(RECORDS SUPPLIED)

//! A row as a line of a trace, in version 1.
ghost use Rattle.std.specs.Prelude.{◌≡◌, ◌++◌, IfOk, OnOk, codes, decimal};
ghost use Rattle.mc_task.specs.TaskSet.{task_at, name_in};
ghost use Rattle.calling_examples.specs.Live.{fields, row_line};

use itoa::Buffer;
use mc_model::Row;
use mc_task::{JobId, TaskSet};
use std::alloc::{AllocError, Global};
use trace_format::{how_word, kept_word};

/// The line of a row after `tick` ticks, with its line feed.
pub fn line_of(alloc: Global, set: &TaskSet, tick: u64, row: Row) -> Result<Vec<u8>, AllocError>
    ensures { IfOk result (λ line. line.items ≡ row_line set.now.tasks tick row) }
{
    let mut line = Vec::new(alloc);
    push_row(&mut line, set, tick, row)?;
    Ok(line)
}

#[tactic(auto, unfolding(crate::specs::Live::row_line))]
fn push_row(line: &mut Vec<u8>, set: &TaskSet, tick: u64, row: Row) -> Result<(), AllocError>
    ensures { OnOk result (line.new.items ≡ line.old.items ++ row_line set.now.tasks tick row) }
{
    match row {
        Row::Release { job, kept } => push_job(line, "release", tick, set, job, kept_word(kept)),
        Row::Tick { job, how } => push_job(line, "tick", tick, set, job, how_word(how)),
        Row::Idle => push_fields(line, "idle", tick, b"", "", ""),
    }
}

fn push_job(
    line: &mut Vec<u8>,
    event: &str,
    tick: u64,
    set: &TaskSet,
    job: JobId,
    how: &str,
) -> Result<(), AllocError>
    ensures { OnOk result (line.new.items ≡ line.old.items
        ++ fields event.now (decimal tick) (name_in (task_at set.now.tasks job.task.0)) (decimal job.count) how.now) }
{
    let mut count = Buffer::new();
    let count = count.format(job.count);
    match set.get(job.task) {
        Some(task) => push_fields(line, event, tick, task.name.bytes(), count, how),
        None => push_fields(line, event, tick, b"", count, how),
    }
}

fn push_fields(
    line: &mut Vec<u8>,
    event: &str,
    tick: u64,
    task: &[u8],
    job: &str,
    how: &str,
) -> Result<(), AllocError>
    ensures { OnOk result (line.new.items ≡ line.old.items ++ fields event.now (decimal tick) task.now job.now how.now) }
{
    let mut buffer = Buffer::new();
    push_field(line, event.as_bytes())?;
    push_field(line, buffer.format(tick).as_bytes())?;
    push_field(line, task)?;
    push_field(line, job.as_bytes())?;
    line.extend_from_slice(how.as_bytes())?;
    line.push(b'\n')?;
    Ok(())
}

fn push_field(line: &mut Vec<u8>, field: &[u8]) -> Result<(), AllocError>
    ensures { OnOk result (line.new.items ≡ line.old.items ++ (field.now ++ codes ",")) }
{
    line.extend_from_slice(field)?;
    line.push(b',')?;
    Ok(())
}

(End RECORDS SUPPLIED)
(RECORDS SUPPLIED)

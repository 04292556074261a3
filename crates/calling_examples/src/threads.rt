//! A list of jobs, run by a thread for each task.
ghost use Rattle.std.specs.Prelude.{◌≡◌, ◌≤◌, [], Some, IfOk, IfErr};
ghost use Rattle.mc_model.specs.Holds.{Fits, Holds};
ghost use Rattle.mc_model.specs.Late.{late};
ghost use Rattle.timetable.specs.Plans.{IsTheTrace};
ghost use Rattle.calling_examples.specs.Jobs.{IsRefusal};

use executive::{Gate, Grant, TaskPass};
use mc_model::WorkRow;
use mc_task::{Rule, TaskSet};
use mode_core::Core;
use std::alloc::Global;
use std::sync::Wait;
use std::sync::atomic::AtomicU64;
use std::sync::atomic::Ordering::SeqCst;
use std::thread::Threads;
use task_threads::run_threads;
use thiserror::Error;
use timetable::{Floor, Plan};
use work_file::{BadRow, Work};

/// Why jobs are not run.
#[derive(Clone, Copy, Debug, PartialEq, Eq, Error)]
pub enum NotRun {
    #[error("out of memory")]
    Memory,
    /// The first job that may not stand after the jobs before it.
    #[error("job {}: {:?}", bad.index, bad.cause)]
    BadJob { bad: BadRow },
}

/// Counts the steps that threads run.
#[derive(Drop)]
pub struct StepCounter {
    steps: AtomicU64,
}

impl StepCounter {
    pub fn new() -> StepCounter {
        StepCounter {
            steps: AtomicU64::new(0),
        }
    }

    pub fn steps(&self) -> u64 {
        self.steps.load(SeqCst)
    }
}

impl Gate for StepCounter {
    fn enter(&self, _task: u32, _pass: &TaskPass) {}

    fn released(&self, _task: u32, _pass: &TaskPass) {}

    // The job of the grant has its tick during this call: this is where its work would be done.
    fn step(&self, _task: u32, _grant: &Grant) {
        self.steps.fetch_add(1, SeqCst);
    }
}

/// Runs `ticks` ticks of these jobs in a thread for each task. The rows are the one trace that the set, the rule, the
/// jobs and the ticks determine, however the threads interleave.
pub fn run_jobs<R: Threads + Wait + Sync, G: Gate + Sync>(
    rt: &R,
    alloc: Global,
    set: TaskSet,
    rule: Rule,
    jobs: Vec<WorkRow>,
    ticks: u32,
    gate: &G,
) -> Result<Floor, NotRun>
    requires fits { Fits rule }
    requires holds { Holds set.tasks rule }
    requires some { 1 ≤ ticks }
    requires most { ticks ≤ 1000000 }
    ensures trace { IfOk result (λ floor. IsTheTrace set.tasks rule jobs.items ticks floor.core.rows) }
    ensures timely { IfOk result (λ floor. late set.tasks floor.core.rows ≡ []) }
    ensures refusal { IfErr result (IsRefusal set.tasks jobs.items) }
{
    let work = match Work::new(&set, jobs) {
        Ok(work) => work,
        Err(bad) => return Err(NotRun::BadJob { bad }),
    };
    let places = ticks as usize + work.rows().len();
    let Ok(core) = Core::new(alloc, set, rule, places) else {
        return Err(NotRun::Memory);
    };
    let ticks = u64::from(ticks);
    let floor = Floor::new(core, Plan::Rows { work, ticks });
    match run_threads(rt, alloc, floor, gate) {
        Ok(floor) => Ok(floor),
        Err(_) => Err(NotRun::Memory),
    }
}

(End RECORDS SUPPLIED)
(RECORDS SUPPLIED)

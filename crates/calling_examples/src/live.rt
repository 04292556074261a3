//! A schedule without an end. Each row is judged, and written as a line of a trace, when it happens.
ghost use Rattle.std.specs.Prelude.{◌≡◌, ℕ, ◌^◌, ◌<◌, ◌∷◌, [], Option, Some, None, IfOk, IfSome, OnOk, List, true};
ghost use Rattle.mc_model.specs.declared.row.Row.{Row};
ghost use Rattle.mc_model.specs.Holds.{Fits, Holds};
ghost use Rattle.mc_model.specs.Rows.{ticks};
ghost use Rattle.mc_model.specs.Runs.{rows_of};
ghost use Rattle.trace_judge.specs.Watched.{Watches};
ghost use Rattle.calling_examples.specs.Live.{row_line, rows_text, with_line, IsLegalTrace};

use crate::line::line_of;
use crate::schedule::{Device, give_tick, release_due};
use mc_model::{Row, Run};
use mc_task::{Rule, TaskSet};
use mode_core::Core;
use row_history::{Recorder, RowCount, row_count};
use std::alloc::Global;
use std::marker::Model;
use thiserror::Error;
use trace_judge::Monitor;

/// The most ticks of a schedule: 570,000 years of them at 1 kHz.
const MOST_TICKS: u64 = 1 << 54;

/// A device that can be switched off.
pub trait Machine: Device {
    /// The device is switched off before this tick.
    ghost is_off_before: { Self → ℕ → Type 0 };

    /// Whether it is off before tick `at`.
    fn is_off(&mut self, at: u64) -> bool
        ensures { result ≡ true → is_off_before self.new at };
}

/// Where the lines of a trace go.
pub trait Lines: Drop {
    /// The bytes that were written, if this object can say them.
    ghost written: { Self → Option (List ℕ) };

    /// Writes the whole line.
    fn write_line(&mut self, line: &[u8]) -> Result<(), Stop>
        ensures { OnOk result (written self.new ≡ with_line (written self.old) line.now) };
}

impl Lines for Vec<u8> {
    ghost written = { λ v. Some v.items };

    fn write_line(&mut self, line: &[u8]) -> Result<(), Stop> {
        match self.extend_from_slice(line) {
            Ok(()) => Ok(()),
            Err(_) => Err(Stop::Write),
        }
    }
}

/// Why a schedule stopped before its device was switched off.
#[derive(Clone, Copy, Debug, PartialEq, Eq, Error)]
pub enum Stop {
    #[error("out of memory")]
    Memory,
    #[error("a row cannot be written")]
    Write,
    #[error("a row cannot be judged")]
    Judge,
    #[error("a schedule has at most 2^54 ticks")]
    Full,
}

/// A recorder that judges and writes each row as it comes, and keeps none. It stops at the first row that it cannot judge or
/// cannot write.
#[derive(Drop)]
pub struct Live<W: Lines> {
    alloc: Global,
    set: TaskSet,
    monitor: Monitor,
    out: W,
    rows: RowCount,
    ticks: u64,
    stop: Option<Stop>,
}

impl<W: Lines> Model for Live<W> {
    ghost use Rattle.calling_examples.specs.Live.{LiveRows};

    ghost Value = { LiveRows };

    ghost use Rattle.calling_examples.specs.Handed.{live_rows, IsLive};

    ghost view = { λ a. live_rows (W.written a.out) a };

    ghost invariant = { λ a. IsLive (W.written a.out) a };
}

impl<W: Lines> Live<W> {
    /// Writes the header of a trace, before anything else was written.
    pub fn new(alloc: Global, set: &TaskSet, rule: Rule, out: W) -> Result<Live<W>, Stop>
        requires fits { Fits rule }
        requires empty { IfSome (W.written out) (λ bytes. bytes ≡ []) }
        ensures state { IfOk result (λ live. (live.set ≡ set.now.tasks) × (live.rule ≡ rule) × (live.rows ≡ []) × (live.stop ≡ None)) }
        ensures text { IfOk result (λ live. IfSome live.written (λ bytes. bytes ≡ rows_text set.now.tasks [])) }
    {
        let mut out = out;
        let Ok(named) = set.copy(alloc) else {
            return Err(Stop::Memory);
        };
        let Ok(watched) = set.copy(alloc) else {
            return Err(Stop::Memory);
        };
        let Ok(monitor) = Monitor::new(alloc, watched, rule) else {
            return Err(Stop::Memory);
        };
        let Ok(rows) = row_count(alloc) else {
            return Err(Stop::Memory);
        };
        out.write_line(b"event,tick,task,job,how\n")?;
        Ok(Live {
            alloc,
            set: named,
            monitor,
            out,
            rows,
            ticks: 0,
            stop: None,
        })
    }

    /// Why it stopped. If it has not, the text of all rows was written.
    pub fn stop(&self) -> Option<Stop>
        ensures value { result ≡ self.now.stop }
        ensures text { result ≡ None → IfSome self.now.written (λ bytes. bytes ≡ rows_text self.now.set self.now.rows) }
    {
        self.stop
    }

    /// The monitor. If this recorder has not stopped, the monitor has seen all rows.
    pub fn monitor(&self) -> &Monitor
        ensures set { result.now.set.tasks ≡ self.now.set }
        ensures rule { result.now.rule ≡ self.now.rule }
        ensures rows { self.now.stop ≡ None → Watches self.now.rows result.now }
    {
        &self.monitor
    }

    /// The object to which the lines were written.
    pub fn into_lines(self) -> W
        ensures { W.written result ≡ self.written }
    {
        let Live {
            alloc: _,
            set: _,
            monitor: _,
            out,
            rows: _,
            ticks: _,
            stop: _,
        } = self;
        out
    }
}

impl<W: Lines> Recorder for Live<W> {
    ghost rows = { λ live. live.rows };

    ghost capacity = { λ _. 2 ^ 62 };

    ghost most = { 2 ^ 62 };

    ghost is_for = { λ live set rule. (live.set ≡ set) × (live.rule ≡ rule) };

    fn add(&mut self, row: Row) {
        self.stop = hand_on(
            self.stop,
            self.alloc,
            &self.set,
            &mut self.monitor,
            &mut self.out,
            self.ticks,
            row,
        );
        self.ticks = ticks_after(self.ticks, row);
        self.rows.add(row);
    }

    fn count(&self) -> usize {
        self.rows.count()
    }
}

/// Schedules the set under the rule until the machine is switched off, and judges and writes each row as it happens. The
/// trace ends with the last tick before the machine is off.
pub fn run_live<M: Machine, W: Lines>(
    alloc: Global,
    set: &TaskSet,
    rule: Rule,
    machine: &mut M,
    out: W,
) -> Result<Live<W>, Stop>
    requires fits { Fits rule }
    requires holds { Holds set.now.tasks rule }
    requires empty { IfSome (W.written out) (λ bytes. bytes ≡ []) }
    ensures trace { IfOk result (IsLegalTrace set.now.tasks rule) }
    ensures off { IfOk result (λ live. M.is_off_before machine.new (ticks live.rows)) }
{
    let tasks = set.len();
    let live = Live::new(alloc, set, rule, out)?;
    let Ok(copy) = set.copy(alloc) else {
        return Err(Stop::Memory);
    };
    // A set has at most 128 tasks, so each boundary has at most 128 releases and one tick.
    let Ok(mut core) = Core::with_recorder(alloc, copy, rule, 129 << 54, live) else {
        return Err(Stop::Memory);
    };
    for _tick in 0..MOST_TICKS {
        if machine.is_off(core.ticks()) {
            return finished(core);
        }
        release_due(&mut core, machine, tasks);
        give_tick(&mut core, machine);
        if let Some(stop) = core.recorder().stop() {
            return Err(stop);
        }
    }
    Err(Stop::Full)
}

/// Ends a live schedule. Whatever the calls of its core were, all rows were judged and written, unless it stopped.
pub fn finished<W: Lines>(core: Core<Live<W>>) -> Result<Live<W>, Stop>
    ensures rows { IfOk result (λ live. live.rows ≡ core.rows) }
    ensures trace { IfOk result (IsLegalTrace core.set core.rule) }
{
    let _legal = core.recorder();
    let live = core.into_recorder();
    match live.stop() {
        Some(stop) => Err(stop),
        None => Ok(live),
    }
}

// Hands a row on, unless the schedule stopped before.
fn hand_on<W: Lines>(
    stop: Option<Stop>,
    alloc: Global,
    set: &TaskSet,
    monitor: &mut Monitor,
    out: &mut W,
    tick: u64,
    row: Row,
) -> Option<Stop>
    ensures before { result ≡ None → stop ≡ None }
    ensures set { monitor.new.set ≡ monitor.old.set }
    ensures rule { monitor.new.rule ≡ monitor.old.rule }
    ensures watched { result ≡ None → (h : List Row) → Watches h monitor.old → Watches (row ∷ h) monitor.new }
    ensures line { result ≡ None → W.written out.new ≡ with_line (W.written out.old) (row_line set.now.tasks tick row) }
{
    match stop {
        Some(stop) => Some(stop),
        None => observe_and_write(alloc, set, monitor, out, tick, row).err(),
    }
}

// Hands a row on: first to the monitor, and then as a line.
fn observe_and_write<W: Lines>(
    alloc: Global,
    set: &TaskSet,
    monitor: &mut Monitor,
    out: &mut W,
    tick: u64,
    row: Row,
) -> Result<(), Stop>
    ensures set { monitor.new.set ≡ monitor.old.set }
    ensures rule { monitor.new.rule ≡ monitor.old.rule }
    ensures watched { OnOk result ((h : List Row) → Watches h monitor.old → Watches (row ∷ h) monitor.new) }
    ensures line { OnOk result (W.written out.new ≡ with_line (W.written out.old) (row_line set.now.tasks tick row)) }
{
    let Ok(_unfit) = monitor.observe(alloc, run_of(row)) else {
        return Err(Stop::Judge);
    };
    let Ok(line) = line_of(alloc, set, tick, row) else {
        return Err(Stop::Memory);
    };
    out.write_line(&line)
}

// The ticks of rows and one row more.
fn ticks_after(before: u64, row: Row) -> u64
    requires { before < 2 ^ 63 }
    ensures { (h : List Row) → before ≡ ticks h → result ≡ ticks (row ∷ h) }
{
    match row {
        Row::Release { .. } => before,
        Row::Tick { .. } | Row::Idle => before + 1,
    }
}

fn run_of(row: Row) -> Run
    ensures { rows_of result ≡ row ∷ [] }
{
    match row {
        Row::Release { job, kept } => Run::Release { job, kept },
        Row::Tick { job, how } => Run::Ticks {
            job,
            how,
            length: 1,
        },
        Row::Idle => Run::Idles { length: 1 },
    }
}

(End RECORDS SUPPLIED)

WHAT IS BEING ASKED:
A single number is required: the count of lines in the data above that include the string "them".

RESPONSE TO THE TASK:
2